Broker Failure

Like the Director, the Broker is a robust application that runs indefinitely. The Broker typically only fails when there is a hardware failure, power outage, or network failure. However, the fault tolerance built into the Drivers guarantees that all Services complete even in the event of failure.

The most likely reason that a Driver disconnects from its Broker is a temporary network outage. Therefore, the Driver does not immediately attempt to log in to another Broker. Instead, the Driver waits a configurable amount of time to reconnect to the Broker to which it was connected. After the configured wait time expires, the Driver attempts to log in to any available Broker. Specify the configured amount of time as DSBrokerTimeout in the driver.properties file. The property is BROKER_TIMEOUT in the API.

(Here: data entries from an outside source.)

// The kind of a directive line, or what stands against it first (6.10).
ghost use Rattle.std.specs.Prelude.{◌≡◌, if◌then◌else◌, IfOk, drop};
ghost use Rattle.line_shape.specs.Signs.{is_unfit_name};
ghost use Rattle.std.specs.Str.{bytes_eq};
ghost use Rattle.std.specs.Option.{option_map};
ghost use Rattle.line_shape.specs.Directives.{gnu_directives, meaning_in, directive_spelled, directive_named, nests_when_bad};
ghost use Rattle.line_shape.specs.BadLines.{cause_on};
ghost use Rattle.line_shape.specs.Items.{kind_unless, named_kind, directive_kind, line_kind};

use crate::items::{GnuLine, ItemKind};
use crate::macro_line::definition_cause;
use crate::signs::{is_hash, is_name, is_unfit_name};
use cs_base::{Cause, Memory, Pos, Tok};
use std::alloc::Global;

/// The kind of a line: a run, where it does not begin with `#`.
pub fn line_kind(alloc: Global, toks: &[Tok]) -> Result<ItemKind, Memory>
    ensures { IfOk result (λ kind. kind ≡ line_kind toks.now) }
{
    match toks {
        [first, behind @ ..] if is_hash(first) => directive_kind(alloc, first.at(), behind),
        _ => Ok(ItemKind::Run),
    }
}

#[tactic(auto, unfolding(crate::specs::Items::directive_kind))]
// The kind of a directive line by the tokens behind its `#`, which is at this position.
fn directive_kind(alloc: Global, at: Pos, behind: &[Tok]) -> Result<ItemKind, Memory>
    ensures { IfOk result (λ kind. kind ≡ directive_kind at behind.now) }
{
    match behind {
        [] => Ok(ItemKind::Empty),
        [word, operands @ ..] => named_kind(alloc, directive_named(word), at, operands),
    }
}

fn named_kind(
    alloc: Global,
    directive: Option<ItemKind>,
    at: Pos,
    operands: &[Tok],
) -> Result<ItemKind, Memory>
    ensures { IfOk result (λ kind. kind ≡ named_kind directive at operands.now) }
{
    match directive {
        None => Ok(ItemKind::Bad {
            cause: Cause::UnknownDirective,
            at,
            nests: false,
        }),
        Some(kind) => Ok(kind_unless(cause_on(alloc, kind, operands)?, at, kind)),
    }
}

fn kind_unless(cause: Option<Cause>, at: Pos, kind: ItemKind) -> ItemKind
    ensures { result ≡ kind_unless cause at kind }
{
    match cause {
        None => kind,
        Some(cause) => ItemKind::Bad {
            cause,
            at,
            nests: nests_when_bad(kind),
        },
    }
}

fn nests_when_bad(kind: ItemKind) -> bool
    ensures { result ≡ nests_when_bad kind }
{
    match kind {
        ItemKind::Ifdef | ItemKind::Ifndef => true,
        _ => false,
    }
}

// The directive that a token behind `#` names.
fn directive_named(word: &Tok) -> Option<ItemKind>
    ensures { result ≡ directive_named word.now }
{
    if is_name(word) {
        directive_spelled(word.text())
    } else {
        None
    }
}

fn is_spelled(text: &[u8], spelling: &[u8]) -> bool
    ensures { result ≡ bytes_eq text.now spelling.now }
{
    text == spelling
}

#[tactic(auto, unfolding(crate::specs::Directives::directive_spelled))]
// The directive with this word.
fn directive_spelled(text: &[u8]) -> Option<ItemKind>
    ensures { result ≡ directive_spelled text.now }
{
    if is_spelled(text, b"define") {
        return Some(ItemKind::Define);
    }
    if is_spelled(text, b"undef") {
        return Some(ItemKind::Undef);
    }
    if is_spelled(text, b"if") {
        return Some(ItemKind::If);
    }
    if is_spelled(text, b"ifdef") {
        return Some(ItemKind::Ifdef);
    }
    if is_spelled(text, b"ifndef") {
        return Some(ItemKind::Ifndef);
    }
    if is_spelled(text, b"elif") {
        return Some(ItemKind::Elif);
    }
    if is_spelled(text, b"else") {
        return Some(ItemKind::Else);
    }
    if is_spelled(text, b"endif") {
        return Some(ItemKind::Endif);
    }
    if is_spelled(text, b"include") {
        return Some(ItemKind::Include);
    }
    if is_spelled(text, b"line") {
        return Some(ItemKind::Line);
    }
    if is_spelled(text, b"error") {
        return Some(ItemKind::Error);
    }
    if is_spelled(text, b"pragma") {
        return Some(ItemKind::Pragma);
    }
    match gnu_spelled(text) {
        Some(line) => Some(ItemKind::Gnu(line)),
        None => None,
    }
}

// The directive with this word that GNU C alone has.
fn gnu_spelled(text: &[u8]) -> Option<GnuLine>
    ensures { option_map ItemKind.Gnu result ≡ meaning_in gnu_directives text.now }
{
    if is_spelled(text, b"include_next") {
        return Some(GnuLine::IncludeNext);
    }
    if is_spelled(text, b"warning") || is_spelled(text, b"ident") || is_spelled(text, b"sccs") {
        return Some(GnuLine::Message);
    }
    if is_spelled(text, b"elifdef") {
        return Some(GnuLine::Elifdef);
    }
    if is_spelled(text, b"elifndef") {
        return Some(GnuLine::Elifndef);
    }
    None
}

#[tactic(auto, unfolding(crate::specs::BadLines::cause_on))]
// What stands first against a directive with these operands.
fn cause_on(alloc: Global, kind: ItemKind, operands: &[Tok]) -> Result<Option<Cause>, Memory>
    ensures { IfOk result (λ cause. cause ≡ cause_on kind operands.now) }
{
    match kind {
        ItemKind::Define => define_cause(alloc, operands),
        ItemKind::Undef => Ok(undef_cause(operands)),
        ItemKind::Ifdef | ItemKind::Ifndef => Ok(condition_cause(operands)),
        ItemKind::Include => Ok(include_cause(operands)),
        ItemKind::Gnu(line) => Ok(gnu_cause(line, operands)),
        _ => Ok(None),
    }
}

#[tactic(auto, unfolding(crate::specs::BadLines::cause_on))]
// What stands first against a line that GNU C alone has.
fn gnu_cause(line: GnuLine, operands: &[Tok]) -> Option<Cause>
    ensures { result ≡ cause_on (ItemKind.Gnu line) operands.now }
{
    match line {
        GnuLine::IncludeNext => include_cause(operands),
        GnuLine::Message => None,
        GnuLine::Elifdef | GnuLine::Elifndef => condition_cause(operands),
    }
}

#[tactic(auto, unfolding(crate::specs::BadLines::cause_on))]
// What stands first against a `define` line.
fn define_cause(alloc: Global, operands: &[Tok]) -> Result<Option<Cause>, Memory>
    ensures { IfOk result (λ cause. cause ≡ cause_on ItemKind.Define operands.now) }
{
    match undef_cause(operands) {
        Some(cause) => Ok(Some(cause)),
        None => definition_cause(alloc, behind_name(operands)),
    }
}

// The tokens behind the first.
fn behind_name(operands: &[Tok]) -> &[Tok]
    ensures { result.now ≡ drop 1 operands.now }
{
    match operands {
        [] => operands,
        [_, behind @ ..] => behind,
    }
}

#[tactic(auto, unfolding(crate::specs::BadLines::cause_on))]
// What stands first against an `undef` line.
fn undef_cause(operands: &[Tok]) -> Option<Cause>
    ensures { result ≡ cause_on ItemKind.Undef operands.now }
{
    match operands {
        [name, ..] if is_name(name) => name_cause(name),
        _ => Some(Cause::NoMacroName),
    }
}

// What stands against a name that gets a meaning or loses it.
fn name_cause(name: &Tok) -> Option<Cause>
    ensures { result ≡ (if is_unfit_name name.now then Some Cause.BadMacroName else None) }
{
    if is_unfit_name(name) {
        Some(Cause::BadMacroName)
    } else {
        None
    }
}

#[tactic(auto, unfolding(crate::specs::BadLines::cause_on))]
// What stands against an `ifdef` line or an `ifndef` line.
fn condition_cause(operands: &[Tok]) -> Option<Cause>
    ensures { result ≡ cause_on ItemKind.Ifdef operands.now }
{
    match operands {
        [name, ..] if is_name(name) => None,
        _ => Some(Cause::NoMacroName),
    }
}

#[tactic(auto, unfolding(crate::specs::BadLines::cause_on))]
// What stands against an `include` line.
fn include_cause(operands: &[Tok]) -> Option<Cause>
    ensures { result ≡ cause_on ItemKind.Include operands.now }
{
    if operands.is_empty() {
        Some(Cause::NoHeader)
    } else {
        None
    }
}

After the Driver times out and reconnects to another Broker, all Service instances resubmit any outstanding tasks and continue. Tasks that are already complete are not resubmitted. The Service instances also resubmit all state updates in the order in which they were originally made. From the Service instance point of view, there is no indication of error, such as exceptions or failure, just the absence of any activity during the time in which the Driver is disconnected. That is, all Services run successfully to completion as long as eventually a suitable Broker is brought online.

If an Engine is disconnected from its Broker and there are no Failover Brokers, the process shuts down, restarts, and logs in to any suitable Broker. Any work is discarded. Failover brokers are described in the next section.